▸ Problem details
From the records below, output exactly the lines running from the line containing "caller's own events." through the line containing "self.left -= 1;", and no others.
[Start of section]
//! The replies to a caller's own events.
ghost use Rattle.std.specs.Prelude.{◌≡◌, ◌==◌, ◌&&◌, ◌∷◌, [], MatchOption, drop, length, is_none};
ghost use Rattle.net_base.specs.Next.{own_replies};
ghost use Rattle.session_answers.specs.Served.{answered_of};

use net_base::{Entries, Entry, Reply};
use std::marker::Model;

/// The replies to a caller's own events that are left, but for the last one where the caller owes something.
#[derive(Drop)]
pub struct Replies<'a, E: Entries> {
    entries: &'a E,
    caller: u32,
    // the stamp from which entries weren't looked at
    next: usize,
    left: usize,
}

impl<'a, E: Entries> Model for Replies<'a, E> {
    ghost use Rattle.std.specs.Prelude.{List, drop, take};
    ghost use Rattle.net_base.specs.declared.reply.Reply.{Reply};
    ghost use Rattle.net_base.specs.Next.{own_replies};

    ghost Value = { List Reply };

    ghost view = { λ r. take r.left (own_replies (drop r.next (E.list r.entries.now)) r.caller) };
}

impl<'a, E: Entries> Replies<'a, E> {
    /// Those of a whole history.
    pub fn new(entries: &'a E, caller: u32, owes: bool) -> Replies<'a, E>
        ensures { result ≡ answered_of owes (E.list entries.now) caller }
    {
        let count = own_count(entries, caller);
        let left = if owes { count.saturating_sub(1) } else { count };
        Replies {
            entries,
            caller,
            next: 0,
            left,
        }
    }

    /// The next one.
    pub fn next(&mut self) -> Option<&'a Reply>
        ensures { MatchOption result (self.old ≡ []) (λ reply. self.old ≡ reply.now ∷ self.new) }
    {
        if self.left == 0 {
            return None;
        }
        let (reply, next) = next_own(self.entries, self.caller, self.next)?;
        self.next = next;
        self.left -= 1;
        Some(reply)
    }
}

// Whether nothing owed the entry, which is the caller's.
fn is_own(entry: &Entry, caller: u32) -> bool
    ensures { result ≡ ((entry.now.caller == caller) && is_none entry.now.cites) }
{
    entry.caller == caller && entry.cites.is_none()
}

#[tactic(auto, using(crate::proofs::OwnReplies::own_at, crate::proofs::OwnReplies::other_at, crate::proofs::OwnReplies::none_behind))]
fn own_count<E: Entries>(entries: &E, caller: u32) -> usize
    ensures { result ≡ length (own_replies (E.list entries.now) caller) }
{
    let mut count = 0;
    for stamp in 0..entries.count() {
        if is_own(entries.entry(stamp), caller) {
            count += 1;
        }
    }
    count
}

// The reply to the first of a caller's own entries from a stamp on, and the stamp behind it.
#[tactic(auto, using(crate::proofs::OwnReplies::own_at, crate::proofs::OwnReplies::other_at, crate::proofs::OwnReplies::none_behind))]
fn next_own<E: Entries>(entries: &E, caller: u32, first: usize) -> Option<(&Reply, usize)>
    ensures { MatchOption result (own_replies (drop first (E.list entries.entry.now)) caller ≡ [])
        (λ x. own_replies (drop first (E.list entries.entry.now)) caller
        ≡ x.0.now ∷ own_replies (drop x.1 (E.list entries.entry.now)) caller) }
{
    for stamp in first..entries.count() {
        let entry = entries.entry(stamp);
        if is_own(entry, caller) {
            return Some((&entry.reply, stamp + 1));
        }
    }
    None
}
[End of section]
[Start of section]
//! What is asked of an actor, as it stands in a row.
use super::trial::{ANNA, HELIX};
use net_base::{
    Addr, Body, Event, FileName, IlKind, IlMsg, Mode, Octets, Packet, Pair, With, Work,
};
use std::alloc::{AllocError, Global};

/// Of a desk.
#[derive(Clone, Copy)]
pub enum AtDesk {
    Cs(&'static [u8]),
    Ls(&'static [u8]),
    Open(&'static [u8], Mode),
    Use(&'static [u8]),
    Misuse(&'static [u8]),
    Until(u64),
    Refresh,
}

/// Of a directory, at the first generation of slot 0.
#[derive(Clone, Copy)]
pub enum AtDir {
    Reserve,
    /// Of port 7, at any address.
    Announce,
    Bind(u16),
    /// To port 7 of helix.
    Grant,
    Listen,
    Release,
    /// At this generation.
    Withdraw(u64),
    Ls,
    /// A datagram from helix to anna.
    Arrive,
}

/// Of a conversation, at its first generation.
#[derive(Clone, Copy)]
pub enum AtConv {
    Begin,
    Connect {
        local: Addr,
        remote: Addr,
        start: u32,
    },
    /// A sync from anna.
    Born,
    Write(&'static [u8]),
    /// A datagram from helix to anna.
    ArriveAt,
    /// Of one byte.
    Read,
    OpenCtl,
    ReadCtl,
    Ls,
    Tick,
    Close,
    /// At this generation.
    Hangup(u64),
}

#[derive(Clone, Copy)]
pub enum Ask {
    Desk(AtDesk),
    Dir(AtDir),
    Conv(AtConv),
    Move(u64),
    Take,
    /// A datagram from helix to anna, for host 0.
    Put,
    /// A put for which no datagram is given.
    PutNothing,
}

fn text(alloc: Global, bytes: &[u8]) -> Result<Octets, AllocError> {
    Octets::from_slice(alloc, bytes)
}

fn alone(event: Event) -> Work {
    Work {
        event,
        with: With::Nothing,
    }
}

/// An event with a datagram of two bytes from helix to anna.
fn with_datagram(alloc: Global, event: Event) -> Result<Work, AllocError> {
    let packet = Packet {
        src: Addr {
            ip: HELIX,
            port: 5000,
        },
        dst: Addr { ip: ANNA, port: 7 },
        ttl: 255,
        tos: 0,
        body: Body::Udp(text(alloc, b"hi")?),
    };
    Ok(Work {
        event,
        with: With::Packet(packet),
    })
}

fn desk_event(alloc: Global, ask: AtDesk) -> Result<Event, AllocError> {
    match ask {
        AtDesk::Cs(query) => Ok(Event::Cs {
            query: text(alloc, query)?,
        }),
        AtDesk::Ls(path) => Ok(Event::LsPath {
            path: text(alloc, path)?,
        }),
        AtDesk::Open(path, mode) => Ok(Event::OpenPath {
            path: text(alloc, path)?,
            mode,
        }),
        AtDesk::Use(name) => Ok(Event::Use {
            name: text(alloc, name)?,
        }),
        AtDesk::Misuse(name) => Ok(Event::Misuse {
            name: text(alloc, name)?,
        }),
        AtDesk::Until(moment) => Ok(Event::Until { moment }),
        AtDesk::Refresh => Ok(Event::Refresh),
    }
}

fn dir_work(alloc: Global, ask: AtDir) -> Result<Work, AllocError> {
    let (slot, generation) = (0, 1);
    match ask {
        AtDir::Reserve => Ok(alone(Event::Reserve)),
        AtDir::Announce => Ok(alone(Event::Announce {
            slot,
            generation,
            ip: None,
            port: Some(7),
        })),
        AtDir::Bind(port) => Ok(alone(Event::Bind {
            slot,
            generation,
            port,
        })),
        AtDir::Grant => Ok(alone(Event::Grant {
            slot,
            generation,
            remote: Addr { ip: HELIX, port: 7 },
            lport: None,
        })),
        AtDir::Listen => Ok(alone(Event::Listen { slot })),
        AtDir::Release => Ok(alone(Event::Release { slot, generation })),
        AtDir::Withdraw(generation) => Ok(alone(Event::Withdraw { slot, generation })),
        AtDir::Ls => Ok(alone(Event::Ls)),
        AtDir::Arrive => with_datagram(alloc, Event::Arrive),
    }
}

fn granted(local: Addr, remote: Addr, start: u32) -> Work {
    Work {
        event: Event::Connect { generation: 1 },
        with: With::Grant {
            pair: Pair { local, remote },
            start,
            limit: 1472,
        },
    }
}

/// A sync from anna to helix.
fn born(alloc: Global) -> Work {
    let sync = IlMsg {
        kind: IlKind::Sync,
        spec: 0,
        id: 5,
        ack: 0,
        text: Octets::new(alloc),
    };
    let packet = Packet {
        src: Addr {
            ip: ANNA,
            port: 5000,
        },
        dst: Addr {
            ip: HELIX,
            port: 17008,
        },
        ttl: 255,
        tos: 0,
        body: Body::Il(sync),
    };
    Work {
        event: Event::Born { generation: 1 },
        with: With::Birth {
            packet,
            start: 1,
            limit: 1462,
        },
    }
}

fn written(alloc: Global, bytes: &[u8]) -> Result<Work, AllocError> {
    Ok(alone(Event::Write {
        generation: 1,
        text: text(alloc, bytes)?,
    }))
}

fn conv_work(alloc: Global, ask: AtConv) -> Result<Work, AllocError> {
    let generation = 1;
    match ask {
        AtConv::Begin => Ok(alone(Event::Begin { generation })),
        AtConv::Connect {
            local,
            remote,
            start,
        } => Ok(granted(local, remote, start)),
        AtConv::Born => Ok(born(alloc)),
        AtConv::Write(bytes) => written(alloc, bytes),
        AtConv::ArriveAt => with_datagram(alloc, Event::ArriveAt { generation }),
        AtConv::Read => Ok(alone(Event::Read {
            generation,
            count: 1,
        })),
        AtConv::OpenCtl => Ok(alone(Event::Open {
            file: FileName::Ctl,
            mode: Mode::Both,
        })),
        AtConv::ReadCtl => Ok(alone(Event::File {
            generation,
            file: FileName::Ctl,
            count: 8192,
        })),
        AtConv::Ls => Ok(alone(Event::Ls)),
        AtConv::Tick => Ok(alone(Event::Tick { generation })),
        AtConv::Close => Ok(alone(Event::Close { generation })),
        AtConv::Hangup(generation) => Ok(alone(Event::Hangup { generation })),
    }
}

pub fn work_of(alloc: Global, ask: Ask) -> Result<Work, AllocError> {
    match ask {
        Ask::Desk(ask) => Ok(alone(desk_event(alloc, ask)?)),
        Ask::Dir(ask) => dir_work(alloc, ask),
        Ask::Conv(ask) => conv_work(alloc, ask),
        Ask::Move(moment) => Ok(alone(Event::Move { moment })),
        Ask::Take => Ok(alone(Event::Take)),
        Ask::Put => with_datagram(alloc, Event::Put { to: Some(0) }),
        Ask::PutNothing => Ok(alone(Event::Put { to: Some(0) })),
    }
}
[End of section]
▸ Reply
//! The replies to a caller's own events.
ghost use Rattle.std.specs.Prelude.{◌≡◌, ◌==◌, ◌&&◌, ◌∷◌, [], MatchOption, drop, length, is_none};
ghost use Rattle.net_base.specs.Next.{own_replies};
ghost use Rattle.session_answers.specs.Served.{answered_of};

use net_base::{Entries, Entry, Reply};
use std::marker::Model;

/// The replies to a caller's own events that are left, but for the last one where the caller owes something.
#[derive(Drop)]
pub struct Replies<'a, E: Entries> {
    entries: &'a E,
    caller: u32,
    // the stamp from which entries weren't looked at
    next: usize,
    left: usize,
}

impl<'a, E: Entries> Model for Replies<'a, E> {
    ghost use Rattle.std.specs.Prelude.{List, drop, take};
    ghost use Rattle.net_base.specs.declared.reply.Reply.{Reply};
    ghost use Rattle.net_base.specs.Next.{own_replies};

    ghost Value = { List Reply };

    ghost view = { λ r. take r.left (own_replies (drop r.next (E.list r.entries.now)) r.caller) };
}

impl<'a, E: Entries> Replies<'a, E> {
    /// Those of a whole history.
    pub fn new(entries: &'a E, caller: u32, owes: bool) -> Replies<'a, E>
        ensures { result ≡ answered_of owes (E.list entries.now) caller }
    {
        let count = own_count(entries, caller);
        let left = if owes { count.saturating_sub(1) } else { count };
        Replies {
            entries,
            caller,
            next: 0,
            left,
        }
    }

    /// The next one.
    pub fn next(&mut self) -> Option<&'a Reply>
        ensures { MatchOption result (self.old ≡ []) (λ reply. self.old ≡ reply.now ∷ self.new) }
    {
        if self.left == 0 {
            return None;
        }
        let (reply, next) = next_own(self.entries, self.caller, self.next)?;
        self.next = next;
        self.left -= 1;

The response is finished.